This package defines the BFloat16 data type, a floating-point format with 1 sign bit, 8 exponent bits and 7 mantissa bits.
Hardware implementation of this datatype is available in Google's Cloud TPUs as well as in a growing number of CPUs, GPUs, and more specialized processors. See the wikipedia entry for more information.
This package is suitable to evaluate whether using BFloat16 would cause precision problems for any particular algorithm, even without access to supporting hardware. Note that this package is designed for functionality, not performance, so this package should be used for precision experiments only, not performance experiments.
This package exports the BFloat16
data type. This datatype behaves
just like any built-in floating-point type
julia> using BFloat16s
julia> a = BFloat16(2)
BFloat16(2.0)
julia> sqrt(a)
BFloat16(1.4140625)
However, in practice you may hit a MethodError
indicating that this package does not implement
a method for BFloat16
although it should. In this case, please raise an issue so that we can
close the gap in support compared to other low-precision types like Float16
. The usage
of BFloat16
should be as smooth as the following example, solving a linear equation system
julia> A = randn(BFloat16,3,3)
3×3 Matrix{BFloat16}:
1.46875 -1.20312 -1.0
0.257812 -0.671875 -0.929688
-0.410156 -1.75 -0.0162354
julia> b = randn(BFloat16,3)
3-element Vector{BFloat16}:
-0.26367188
-0.14160156
0.77734375
julia> A\b
3-element Vector{BFloat16}:
-0.24902344
-0.38671875
0.36328125
In addition, this package provides the LowPrecArray
type.
This array is supposed to emulate the kind
of matrix multiplications that TPUs do well (BFloat16 multiply with Float32
accumulate). Broadcasts and scalar operations are peformed in Float32 (as
they would be on a TPU) while matrix multiplies are performed in BFloat16 with
Float32 accumulates, e.g.
julia> A = LowPrecArray(rand(Float32, 5, 5))

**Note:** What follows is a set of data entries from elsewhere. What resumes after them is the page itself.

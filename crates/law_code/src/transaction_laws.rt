//! Laws of the definitions, for whatever is done by effects that keep the order of transactions.
ghost use Rattle.law_code.specs.TransactionLaws.{CodeIsOrderly, StaysSameButSet, TransactionsAreAtomic};

/// For all that is done by orderly effects: wherever a loss of power falls within it, or an abort comes, the
/// heap that stays is the one that the open transaction found, but for tries of PINs and elements of arrays of bytes
/// that were set for good before it changed their words itself; where none is open it is the heap as it is.
pub fn what_a_transaction_found_stays<A>()
    ensures { TransactionsAreAtomic A }
{}

/// That heap and the one that the transaction found have the same text, packages, applets and ends, and at each
/// address the same thing stands, but for the cells that were set for good.
pub fn heaps_after_a_loss_differ_in_what_was_set_for_good()
    ensures { StaysSameButSet }
{}

/// Whatever a step or a run of code does, it sets nothing for good but the counter of a PIN's tries and elements of persistent
/// arrays of bytes, begins a transaction where none is open, and ends one where one is.
pub fn code_keeps_the_order_of_transactions()
    ensures { CodeIsOrderly }
{}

5×5 LowPrecArray{2,Array{Float32,2}}:
0.252818 0.619702 0.553199 0.75225 0.30819
0.166347 0.976339 0.399945 0.589101 0.526253
0.350232 0.0447034 0.490874 0.525144 0.841436
0.903734 0.879541 0.706704 0.304369 0.951702
0.308417 0.645731 0.65906 0.636451 0.765263
julia> A^2
5×5 LowPrecArray{2,Array{Float32,2}}:
1.13603 1.64932 1.39712 1.27283 1.82597
1.03891 1.93298 1.44455 1.42625 1.86842
0.998384 1.28403 1.37666 1.24076 1.68507
1.18951 2.33245 2.04367 2.26849 2.35588
1.22636 1.90367 1.70848 1.63986 2.1826
julia> A.storage^2
5×5 Array{Float32,2}:
1.13564 1.64708 1.39399 1.27087 1.82128
1.03924 1.93216 1.44198 1.42456 1.86497
1.00201 1.28786 1.37826 1.24295 1.6882
1.19089 2.33262 2.04094 2.26745 2.354
1.22742 1.90498 1.70653 1.63928 2.18076
julia> Float64.(A.storage)^2
5×5 Array{Float64,2}:
1.13564 1.64708 1.39399 1.27087 1.82128
1.03924 1.93216 1.44198 1.42456 1.86497
1.00201 1.28786 1.37826 1.24295 1.6882
1.19089 2.33262 2.04094 2.26745 2.354
1.22742 1.90498 1.70653 1.63928 2.18076
Note that the low-precision result differs from (is less precise than) the result computed in Float32 arithmetic (which matches the result in Float64 precision).